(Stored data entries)
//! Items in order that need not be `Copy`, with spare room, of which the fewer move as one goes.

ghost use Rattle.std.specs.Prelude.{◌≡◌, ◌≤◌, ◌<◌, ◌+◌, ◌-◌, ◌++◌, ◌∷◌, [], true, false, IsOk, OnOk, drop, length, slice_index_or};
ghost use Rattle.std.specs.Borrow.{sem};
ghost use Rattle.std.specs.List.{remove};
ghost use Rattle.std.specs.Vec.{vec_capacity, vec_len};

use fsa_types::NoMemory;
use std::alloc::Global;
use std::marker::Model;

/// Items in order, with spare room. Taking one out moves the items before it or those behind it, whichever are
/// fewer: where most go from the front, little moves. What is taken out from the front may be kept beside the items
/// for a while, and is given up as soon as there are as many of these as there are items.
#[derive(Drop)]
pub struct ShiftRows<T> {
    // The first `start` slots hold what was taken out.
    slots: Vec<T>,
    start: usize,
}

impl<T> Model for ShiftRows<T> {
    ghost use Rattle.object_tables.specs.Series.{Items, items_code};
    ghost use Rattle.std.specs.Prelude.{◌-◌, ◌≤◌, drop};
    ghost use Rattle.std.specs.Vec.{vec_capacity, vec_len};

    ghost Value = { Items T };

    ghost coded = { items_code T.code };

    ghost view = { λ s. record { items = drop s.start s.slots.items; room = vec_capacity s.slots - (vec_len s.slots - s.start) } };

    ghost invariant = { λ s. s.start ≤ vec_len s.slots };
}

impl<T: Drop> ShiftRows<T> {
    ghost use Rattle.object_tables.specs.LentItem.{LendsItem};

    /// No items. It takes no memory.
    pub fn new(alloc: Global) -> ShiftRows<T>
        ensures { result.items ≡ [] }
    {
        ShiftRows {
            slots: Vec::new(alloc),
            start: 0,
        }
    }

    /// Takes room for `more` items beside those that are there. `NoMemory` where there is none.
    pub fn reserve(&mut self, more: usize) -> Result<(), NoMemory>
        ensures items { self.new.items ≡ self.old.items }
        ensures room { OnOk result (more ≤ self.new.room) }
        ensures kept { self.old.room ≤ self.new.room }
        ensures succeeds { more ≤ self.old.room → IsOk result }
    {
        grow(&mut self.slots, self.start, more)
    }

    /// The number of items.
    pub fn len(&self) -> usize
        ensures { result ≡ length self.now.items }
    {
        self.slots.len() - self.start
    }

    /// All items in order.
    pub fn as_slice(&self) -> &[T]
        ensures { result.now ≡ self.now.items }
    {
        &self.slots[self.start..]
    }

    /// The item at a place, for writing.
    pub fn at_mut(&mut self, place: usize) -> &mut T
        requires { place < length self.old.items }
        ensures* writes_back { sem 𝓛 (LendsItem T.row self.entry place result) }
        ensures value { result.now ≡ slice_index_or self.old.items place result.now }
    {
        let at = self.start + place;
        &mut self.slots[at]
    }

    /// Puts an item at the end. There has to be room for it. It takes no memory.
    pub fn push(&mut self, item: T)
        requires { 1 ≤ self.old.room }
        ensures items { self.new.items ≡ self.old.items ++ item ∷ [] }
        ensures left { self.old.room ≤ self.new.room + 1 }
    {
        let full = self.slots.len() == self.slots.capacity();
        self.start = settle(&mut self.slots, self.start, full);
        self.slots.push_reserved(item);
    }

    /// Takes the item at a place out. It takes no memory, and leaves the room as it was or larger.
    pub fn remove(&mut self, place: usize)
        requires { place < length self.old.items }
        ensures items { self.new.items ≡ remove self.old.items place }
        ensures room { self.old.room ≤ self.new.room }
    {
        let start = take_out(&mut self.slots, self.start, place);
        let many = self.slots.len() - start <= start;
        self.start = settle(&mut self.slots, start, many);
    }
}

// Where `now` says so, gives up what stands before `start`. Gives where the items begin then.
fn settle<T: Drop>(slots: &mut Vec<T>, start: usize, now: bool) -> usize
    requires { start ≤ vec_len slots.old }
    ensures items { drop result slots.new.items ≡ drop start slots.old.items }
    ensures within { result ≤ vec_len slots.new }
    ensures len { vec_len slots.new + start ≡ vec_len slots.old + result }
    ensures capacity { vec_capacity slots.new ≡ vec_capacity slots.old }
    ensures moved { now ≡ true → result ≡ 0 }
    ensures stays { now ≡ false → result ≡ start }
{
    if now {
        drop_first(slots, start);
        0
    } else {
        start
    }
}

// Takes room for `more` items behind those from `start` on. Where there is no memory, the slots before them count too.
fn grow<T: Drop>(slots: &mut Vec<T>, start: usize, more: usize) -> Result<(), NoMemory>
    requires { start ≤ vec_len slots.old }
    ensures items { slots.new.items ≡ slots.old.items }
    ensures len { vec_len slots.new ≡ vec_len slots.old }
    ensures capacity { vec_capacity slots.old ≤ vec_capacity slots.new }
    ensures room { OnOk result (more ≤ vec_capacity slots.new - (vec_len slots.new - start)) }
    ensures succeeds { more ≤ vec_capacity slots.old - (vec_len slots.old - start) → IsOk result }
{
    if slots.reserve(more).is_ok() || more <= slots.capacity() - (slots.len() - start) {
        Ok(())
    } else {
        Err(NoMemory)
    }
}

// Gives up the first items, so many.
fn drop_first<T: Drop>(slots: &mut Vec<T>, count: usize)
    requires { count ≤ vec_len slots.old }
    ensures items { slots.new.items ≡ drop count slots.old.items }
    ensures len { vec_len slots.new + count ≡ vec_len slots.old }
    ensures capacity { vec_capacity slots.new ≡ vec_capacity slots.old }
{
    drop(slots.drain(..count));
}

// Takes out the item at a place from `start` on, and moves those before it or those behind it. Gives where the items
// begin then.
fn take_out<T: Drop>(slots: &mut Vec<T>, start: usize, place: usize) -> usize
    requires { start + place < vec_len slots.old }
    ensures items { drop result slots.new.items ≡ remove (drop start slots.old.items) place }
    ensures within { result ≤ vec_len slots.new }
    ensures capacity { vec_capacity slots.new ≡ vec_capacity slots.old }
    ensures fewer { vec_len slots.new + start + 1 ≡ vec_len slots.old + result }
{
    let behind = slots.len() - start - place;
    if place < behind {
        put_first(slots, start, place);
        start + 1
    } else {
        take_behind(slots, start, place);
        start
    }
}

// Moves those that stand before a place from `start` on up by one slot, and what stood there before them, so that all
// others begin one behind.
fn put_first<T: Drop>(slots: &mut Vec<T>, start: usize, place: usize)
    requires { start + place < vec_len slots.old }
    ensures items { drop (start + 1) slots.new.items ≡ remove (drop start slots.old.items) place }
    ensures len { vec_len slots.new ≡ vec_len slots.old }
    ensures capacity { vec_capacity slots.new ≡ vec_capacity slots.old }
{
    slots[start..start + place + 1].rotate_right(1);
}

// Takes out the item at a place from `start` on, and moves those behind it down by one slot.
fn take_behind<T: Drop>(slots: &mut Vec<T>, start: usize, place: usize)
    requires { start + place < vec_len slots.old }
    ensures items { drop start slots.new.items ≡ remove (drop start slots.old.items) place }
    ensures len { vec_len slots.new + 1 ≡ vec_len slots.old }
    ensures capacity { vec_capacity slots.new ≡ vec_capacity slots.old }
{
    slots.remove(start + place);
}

EXERCISE DESCRIPTION:
Return each line of the records above in which the word "many" occurs.

ANSWER TO THE EXERCISE:
/// for a while, and is given up as soon as there are as many of these as there are items.
        let many = self.slots.len() - start <= start;
        self.start = settle(&mut self.slots, start, many);
// Gives up the first items, so many.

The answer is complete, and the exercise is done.